SimulaQron offers three ways to write quantum network programs, from highest-level to lowest-level:

  1. New SDK (examples/new-sdk/) — The recommended approach for simple quantum apps using the NetQASM SDK. Programs use NetQASMConnection and EPRSocket for quantum operations, and SimulaQronClassicalClient/SimulaQronClassicalServer for classical messaging. Start here if you are new to SimulaQron.

  2. Event-based (examples/event-based/) — Builds on the new SDK by adding a state-machine pattern for classical messaging. Each node defines states, message handlers, and a dispatch table. This is the recommended pattern for protocols that interleave classical negotiation with quantum operations.

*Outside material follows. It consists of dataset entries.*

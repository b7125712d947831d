//! Laws over the definitions alone. Each function does nothing: its clause is the law.
ghost use Rattle.sat_rules.specs.{Clauses.ChainsAreSound, HintLines.HintsDecide, HintLines.HintsRefute};

/// No assignment that agrees with the set makes every clause of a chain from it true.
pub fn chains_are_sound()
    ensures { ChainsAreSound }
{}

/// A hint checker rejects no hint of a list exactly where the list is admitted for the clause.
pub fn hints_decide()
    ensures { HintsDecide }
{}

/// Where accepted lines after a formula's clauses add the empty clause, no assignment satisfies the
/// formula.
pub fn hints_refute()
    ensures { HintsRefute }
{}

  3. Native mode (examples/native-mode/) — The low-level Twisted interface that talks directly to SimulaQron’s virtual quantum nodes. This is Python-specific and more verbose, but gives full control over the simulation backend.

How to get the examples

The code of the examples can be found in SimulaQron GitHub repository. Clone this repository using git:

git clone https://github.com/SoftwareQuTech/SimulaQron.git

All the examples can be found in the examples folder.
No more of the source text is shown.